Buckle up, we might be in for a long ride!
As many of you know, the Wage and Hour Division (WHD) of the U.S. Department of Labor (DOL) issues guidance primarily through Opinion Letters, Ruling Letters, Administrator Interpretations, and Field Assistance Bulletins. The WHD has explained:
An interpretation or ruling issued by the Administrator interpreting the Fair Labor Standards Act (FLSA), the Davis-Bacon Act (DBA), or the Walsh-Healey Public Contracts Act (PCA) is an official ruling or interpretation of the Wage and Hour Division for purposes of the Portal-to-Portal Act. 29 U.S.C. § 259. Such rulings provide a potential good faith reliance defense for actions that may otherwise constitute violations of the FLSA, DBA, or PCA. However, a withdrawn ruling or interpretation, or the withdrawn portion of a ruling or interpretation, may not be relied upon as an official ruling or interpretation of the Administrator or the Wage and Hour Division for any purpose, including under the Portal-to-Portal Act.

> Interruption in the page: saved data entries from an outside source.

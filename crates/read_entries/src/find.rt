// One value of a record by its place, and how many instants are below a sought one.
ghost use Rattle.format.specs.Kinds.{Unsigned, Signed};
ghost use Rattle.format.specs.Reading.{LooksUp, Searches};
ghost use Rattle.find_in_records.specs.Told.{value_told, looked_up, looked_up_correction, searched};

use bits::BitPos;
use headings::kind_of;
use read_bodies::Body;
use reading::{Refusal, Refused, place};

fn look_up_value<T: Body>(
    s: &[u8],
    start: BitPos,
    stop: BitPos,
    kind: u32,
    place: usize,
) -> Result<T, Refused>
    ensures { LooksUp s.now start.0 stop.0 T.of_family kind place (value_told T.number result) }
{
    let c = place::span(s, start, stop)?;
    let Some(t) = kind_of(T::family(), kind) else {
        return Err(Refused {
            why: Refusal::Unknown,
            at: BitPos::new(0),
        });
    };
    find_in_records::look_up(c, s, t, place)
}

// In a record of plain values or of instants.
pub fn look_up(
    s: &[u8],
    start: BitPos,
    stop: BitPos,
    kind: u32,
    place: usize,
) -> Result<u32, Refused>
    ensures { LooksUp s.now start.0 stop.0 Unsigned kind place (looked_up result) }
{
    look_up_value(s, start, stop, kind, place)
}

// In a record of corrections.
pub fn look_up_correction(
    s: &[u8],
    start: BitPos,
    stop: BitPos,
    kind: u32,
    place: usize,
) -> Result<i32, Refused>
    ensures { LooksUp s.now start.0 stop.0 Signed kind place (looked_up_correction result) }
{
    look_up_value::<i32>(s, start, stop, kind, place)
}

pub fn search(s: &[u8], start: BitPos, stop: BitPos, sought: u32) -> Result<usize, Refused>
    ensures { Searches s.now start.0 stop.0 sought (searched result) }
{
    let c = place::span(s, start, stop)?;
    find_in_records::search(c, s, sought)
}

What does that mean for your business? Be wary of the term “withdrawn” interpretations and opinions and pay close attention to the DOL’s actions under the new Biden Administration.
To bring you up to speed, on President Biden’s first day in office, his chief of staff, Ronald Klain, asked all federal agencies, including the DOL, to freeze proposed regulations (including those with pending effective dates). Klain explained in a letter that President Biden’s appointees should “have the opportunity to review any new or pending rule[.]”
Since then, while a number of regulations remain frozen, the DOL has taken affirmative steps to withdraw (that scary word we mentioned above!) notable FLSA opinion letters, which may have provided some assurances to businesses in the specific industry areas. In particular, now withdrawn are:
- FLSA 2021-4: addressed whether a restaurant may institute a tip pool that includes both servers, for whom the employer takes a tip credit, along with hosts, for whom the tip credit is not taken
- FLSA 2021-8: addressed whether certain distributors of a manufacturer’s food products are employees or independent contractors
- FLSA 2021-9: addressed whether requiring tractor-trailer truck drivers to implement safety measures required by law constitutes control by the motor carrier for purposes of their classification as employees or independent contractors and whether certain owner-operators are accurately classified as independent contractors
And, if you thought that the DOL’s Jan. 6, 2021 Final Rule clarifying the standard for employee versus independent contract classification under the FLSA would bring some certainty to your life, think again! Most commentators anticipate that the “regulatory freeze” spells certain doom for the Final Rule, predicting that although it has merely been delayed, it will ultimately be scrapped in its entirety by anticipated Secretary of Labor Marty Walsh.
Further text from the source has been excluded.